◆ **WORK TASK**: Find the word "ghost" in the data below and copy each line that holds it.

================================

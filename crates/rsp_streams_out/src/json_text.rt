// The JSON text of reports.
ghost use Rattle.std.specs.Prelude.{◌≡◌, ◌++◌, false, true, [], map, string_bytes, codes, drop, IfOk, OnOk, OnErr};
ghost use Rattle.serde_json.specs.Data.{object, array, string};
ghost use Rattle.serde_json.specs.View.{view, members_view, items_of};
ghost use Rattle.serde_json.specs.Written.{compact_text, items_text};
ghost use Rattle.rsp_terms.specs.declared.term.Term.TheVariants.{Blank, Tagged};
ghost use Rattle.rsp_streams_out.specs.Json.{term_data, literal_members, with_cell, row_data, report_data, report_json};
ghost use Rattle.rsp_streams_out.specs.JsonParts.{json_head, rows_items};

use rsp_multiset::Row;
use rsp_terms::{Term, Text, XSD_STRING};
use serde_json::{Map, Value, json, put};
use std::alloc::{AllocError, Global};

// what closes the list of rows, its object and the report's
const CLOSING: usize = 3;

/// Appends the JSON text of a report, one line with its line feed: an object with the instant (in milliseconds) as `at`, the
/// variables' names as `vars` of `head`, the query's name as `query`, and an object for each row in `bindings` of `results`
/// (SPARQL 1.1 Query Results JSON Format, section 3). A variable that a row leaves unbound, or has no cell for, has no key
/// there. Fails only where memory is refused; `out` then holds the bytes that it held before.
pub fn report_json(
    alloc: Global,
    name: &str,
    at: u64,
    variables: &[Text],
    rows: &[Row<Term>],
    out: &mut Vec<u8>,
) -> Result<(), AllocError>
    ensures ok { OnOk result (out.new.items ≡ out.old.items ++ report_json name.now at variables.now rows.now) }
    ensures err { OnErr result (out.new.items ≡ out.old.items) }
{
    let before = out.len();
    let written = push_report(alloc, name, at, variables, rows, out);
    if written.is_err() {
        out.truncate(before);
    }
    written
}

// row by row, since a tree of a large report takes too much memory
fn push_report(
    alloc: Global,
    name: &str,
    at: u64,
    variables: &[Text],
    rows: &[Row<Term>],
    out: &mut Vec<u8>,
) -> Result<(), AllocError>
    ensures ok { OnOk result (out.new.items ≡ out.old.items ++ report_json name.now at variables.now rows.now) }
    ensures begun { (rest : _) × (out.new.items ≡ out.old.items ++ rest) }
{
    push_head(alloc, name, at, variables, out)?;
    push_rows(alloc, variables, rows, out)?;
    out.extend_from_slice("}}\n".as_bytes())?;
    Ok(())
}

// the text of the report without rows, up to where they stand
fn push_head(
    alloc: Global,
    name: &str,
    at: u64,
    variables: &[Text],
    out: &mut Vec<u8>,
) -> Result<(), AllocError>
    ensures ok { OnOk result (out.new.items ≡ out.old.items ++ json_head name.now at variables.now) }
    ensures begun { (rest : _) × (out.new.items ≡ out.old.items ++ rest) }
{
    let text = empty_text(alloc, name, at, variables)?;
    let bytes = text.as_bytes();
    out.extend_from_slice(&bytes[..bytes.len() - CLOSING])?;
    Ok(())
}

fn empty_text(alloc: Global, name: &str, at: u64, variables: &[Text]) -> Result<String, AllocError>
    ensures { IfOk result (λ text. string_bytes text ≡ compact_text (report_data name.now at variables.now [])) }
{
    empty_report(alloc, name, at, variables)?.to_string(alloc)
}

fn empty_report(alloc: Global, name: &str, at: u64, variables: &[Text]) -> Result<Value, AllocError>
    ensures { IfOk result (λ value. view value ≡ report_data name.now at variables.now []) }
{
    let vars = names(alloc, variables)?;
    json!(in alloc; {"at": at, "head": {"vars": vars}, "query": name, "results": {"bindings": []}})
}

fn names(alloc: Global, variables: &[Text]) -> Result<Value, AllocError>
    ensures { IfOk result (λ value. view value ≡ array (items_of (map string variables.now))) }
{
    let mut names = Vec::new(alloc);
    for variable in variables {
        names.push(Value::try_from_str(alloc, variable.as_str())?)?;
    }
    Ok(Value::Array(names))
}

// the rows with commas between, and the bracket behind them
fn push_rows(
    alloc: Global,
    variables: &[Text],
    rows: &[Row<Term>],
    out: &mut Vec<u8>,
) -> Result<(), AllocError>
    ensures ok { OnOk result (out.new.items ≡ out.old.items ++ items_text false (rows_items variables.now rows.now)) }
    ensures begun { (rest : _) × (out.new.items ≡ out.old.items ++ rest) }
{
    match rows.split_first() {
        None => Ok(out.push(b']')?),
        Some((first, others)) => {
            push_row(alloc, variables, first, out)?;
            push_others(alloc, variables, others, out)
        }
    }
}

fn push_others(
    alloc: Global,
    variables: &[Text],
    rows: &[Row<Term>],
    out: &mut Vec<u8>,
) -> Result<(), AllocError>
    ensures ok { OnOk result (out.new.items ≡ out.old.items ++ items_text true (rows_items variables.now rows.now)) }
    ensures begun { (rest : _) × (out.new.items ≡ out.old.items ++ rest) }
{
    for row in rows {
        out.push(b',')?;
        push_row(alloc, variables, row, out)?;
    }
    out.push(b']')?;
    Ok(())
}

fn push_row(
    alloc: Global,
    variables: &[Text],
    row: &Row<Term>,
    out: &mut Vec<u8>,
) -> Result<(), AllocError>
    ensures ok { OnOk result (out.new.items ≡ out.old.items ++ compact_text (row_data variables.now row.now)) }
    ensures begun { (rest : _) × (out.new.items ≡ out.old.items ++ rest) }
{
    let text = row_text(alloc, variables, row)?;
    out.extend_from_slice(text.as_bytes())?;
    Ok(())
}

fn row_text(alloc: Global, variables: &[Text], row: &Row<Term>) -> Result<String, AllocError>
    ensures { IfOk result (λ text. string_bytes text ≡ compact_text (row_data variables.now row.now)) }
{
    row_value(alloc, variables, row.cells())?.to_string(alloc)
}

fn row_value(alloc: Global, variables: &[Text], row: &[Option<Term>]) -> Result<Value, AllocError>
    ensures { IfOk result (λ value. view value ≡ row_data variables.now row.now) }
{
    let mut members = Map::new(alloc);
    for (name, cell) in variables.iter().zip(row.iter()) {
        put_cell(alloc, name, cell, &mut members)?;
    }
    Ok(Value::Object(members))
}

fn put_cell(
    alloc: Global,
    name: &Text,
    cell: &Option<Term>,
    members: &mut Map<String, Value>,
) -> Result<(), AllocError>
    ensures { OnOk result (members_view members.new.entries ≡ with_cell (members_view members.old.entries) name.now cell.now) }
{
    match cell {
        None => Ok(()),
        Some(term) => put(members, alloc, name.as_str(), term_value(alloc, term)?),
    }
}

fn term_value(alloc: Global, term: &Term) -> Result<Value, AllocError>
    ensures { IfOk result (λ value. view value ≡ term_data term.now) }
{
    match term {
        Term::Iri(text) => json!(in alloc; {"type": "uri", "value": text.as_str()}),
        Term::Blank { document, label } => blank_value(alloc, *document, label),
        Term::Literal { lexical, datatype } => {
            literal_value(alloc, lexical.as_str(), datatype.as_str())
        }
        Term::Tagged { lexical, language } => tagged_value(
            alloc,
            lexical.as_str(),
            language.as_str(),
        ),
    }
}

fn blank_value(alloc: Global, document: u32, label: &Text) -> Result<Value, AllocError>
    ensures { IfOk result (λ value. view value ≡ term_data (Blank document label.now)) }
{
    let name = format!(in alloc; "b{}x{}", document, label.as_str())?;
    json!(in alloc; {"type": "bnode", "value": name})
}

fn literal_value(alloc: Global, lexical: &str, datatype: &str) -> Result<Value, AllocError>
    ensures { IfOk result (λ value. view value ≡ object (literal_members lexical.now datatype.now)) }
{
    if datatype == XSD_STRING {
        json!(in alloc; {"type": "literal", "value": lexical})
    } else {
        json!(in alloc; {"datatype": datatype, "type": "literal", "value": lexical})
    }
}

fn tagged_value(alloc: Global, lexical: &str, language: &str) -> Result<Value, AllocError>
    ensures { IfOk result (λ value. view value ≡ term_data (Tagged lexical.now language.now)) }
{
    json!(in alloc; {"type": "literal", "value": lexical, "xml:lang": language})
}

================================

◆ **FINAL ANSWER**:
ghost use Rattle.std.specs.Prelude.{◌≡◌, ◌++◌, false, true, [], map, string_bytes, codes, drop, IfOk, OnOk, OnErr};
ghost use Rattle.serde_json.specs.Data.{object, array, string};
ghost use Rattle.serde_json.specs.View.{view, members_view, items_of};
ghost use Rattle.serde_json.specs.Written.{compact_text, items_text};
ghost use Rattle.rsp_terms.specs.declared.term.Term.TheVariants.{Blank, Tagged};
ghost use Rattle.rsp_streams_out.specs.Json.{term_data, literal_members, with_cell, row_data, report_data, report_json};
ghost use Rattle.rsp_streams_out.specs.JsonParts.{json_head, rows_items};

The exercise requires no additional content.